═════ Study material ═════

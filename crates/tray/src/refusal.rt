//! Why a call is refused.
ghost use Rattle.std.specs.Prelude.{◌≡◌};
ghost use Rattle.tray.specs.Refusals.{number_of, refusal_of, unsaved_of};

use saving::Unsaved;
use std::error::Error;
use std::fmt;
use tables::Unexplored;

/// The first check of a call that failed, with the number by which users know it.
#[derive(Clone, Copy, PartialEq, Eq, Debug)]
pub enum Refusal {
    /// The number of sets is not from 1 to 8.
    WrongSets = 1,
    /// The budget is not from 1 to 512.
    WrongBudget = 2,
    /// The depth is not from 1 to 16.
    WrongDepth = 3,
    /// Memory that the call was given is too short.
    NoMemory = 4,
    /// The book lacks the predicate.
    NoPredicate = 5,
    /// The number of sets differs from the predicate's places.
    WrongPlaces = 6,
    /// A set is not below the number of sets.
    NoSet = 7,
    /// An output buffer is too short.
    NoBuffer = 8,
    /// A table over more than four sets is not saved.
    TooManySets = 20,
    /// The tray holds as many tables as its depth.
    Full = 21,
    /// The tray holds too few tables.
    TooFewTables = 22,
    /// More states are met than the budget.
    TooManyStates = 23,
}

impl Refusal {
    /// The number of the check.
    pub fn number(self) -> u8
        ensures { result ≡ number_of self }
    {
        self as u8
    }
}

impl fmt::Display for Refusal {
    ghost use Rattle.std.specs.Prelude.{Some};
    ghost use Rattle.tray.specs.Messages.{refusal_text};

    ghost output = { λ why. Some (refusal_text why) };

    fn fmt<W: fmt::Write>(&self, f: &mut fmt::Formatter<W>) -> fmt::Result {
        f.write_str(match self {
            Refusal::WrongSets => "the number of sets is not from 1 to 8",
            Refusal::WrongBudget => "the budget is not from 1 to 512",
            Refusal::WrongDepth => "the depth is not from 1 to 16",
            Refusal::NoMemory => "memory that the call was given is too short",
            Refusal::NoPredicate => "the book lacks the predicate",
            Refusal::WrongPlaces => "the number of sets differs from the predicate's places",
            Refusal::NoSet => "a set is not below the number of sets",
            Refusal::NoBuffer => "an output buffer is too short",
            Refusal::TooManySets => "a table over more than four sets is not saved",
            Refusal::Full => "the tray holds as many tables as its depth",
            Refusal::TooFewTables => "the tray holds too few tables",
            Refusal::TooManyStates => "more states are met than the budget",
        })
    }
}

impl Error for Refusal {}

/// What an exploration met is the call's refusal.
impl From<Unexplored> for Refusal {
    ghost from_gives = { λ why r. r ≡ refusal_of why };

    fn from(why: Unexplored) -> Refusal {
        match why {
            Unexplored::NoRoom => Refusal::NoMemory,
            Unexplored::TooMany => Refusal::TooManyStates,
        }
    }
}

/// What stopped a save is the call's refusal.
impl From<Unsaved> for Refusal {
    ghost from_gives = { λ why r. r ≡ unsaved_of why };

    fn from(why: Unsaved) -> Refusal {
        match why {
            Unsaved::TooManySets => Refusal::TooManySets,
            Unsaved::NoBuffer => Refusal::NoBuffer,
        }
    }
}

═════

● What you should do
Word for word, write out all of the entries.

● Answer to this exercise
filename crates/tray/src/refusal.rt
//! Why a call is refused.
ghost use Rattle.std.specs.Prelude.{◌≡◌};
ghost use Rattle.tray.specs.Refusals.{number_of, refusal_of, unsaved_of};

use saving::Unsaved;
use std::error::Error;
use std::fmt;
use tables::Unexplored;

/// The first check of a call that failed, with the number by which users know it.
#[derive(Clone, Copy, PartialEq, Eq, Debug)]
pub enum Refusal {
    /// The number of sets is not from 1 to 8.
    WrongSets = 1,
    /// The budget is not from 1 to 512.
    WrongBudget = 2,
    /// The depth is not from 1 to 16.
    WrongDepth = 3,
    /// Memory that the call was given is too short.
    NoMemory = 4,
    /// The book lacks the predicate.
    NoPredicate = 5,
    /// The number of sets differs from the predicate's places.
    WrongPlaces = 6,
    /// A set is not below the number of sets.
    NoSet = 7,
    /// An output buffer is too short.
    NoBuffer = 8,
    /// A table over more than four sets is not saved.
    TooManySets = 20,
    /// The tray holds as many tables as its depth.
    Full = 21,
    /// The tray holds too few tables.
    TooFewTables = 22,
    /// More states are met than the budget.
    TooManyStates = 23,
}

impl Refusal {
    /// The number of the check.
    pub fn number(self) -> u8
        ensures { result ≡ number_of self }
    {
        self as u8
    }
}

impl fmt::Display for Refusal {
    ghost use Rattle.std.specs.Prelude.{Some};
    ghost use Rattle.tray.specs.Messages.{refusal_text};

    ghost output = { λ why. Some (refusal_text why) };

    fn fmt<W: fmt::Write>(&self, f: &mut fmt::Formatter<W>) -> fmt::Result {
        f.write_str(match self {
            Refusal::WrongSets => "the number of sets is not from 1 to 8",
            Refusal::WrongBudget => "the budget is not from 1 to 512",
            Refusal::WrongDepth => "the depth is not from 1 to 16",
            Refusal::NoMemory => "memory that the call was given is too short",
            Refusal::NoPredicate => "the book lacks the predicate",
            Refusal::WrongPlaces => "the number of sets differs from the predicate's places",
            Refusal::NoSet => "a set is not below the number of sets",
            Refusal::NoBuffer => "an output buffer is too short",
            Refusal::TooManySets => "a table over more than four sets is not saved",
            Refusal::Full => "the tray holds as many tables as its depth",
            Refusal::TooFewTables => "the tray holds too few tables",
            Refusal::TooManyStates => "more states are met than the budget",
        })
    }
}

impl Error for Refusal {}

/// What an exploration met is the call's refusal.
impl From<Unexplored> for Refusal {
    ghost from_gives = { λ why r. r ≡ refusal_of why };

    fn from(why: Unexplored) -> Refusal {
        match why {
            Unexplored::NoRoom => Refusal::NoMemory,
            Unexplored::TooMany => Refusal::TooManyStates,
        }
    }
}

/// What stopped a save is the call's refusal.
impl From<Unsaved> for Refusal {
    ghost from_gives = { λ why r. r ≡ unsaved_of why };

    fn from(why: Unsaved) -> Refusal {
        match why {
            Unsaved::TooManySets => Refusal::TooManySets,
            Unsaved::NoBuffer => Refusal::NoBuffer,
        }
    }
}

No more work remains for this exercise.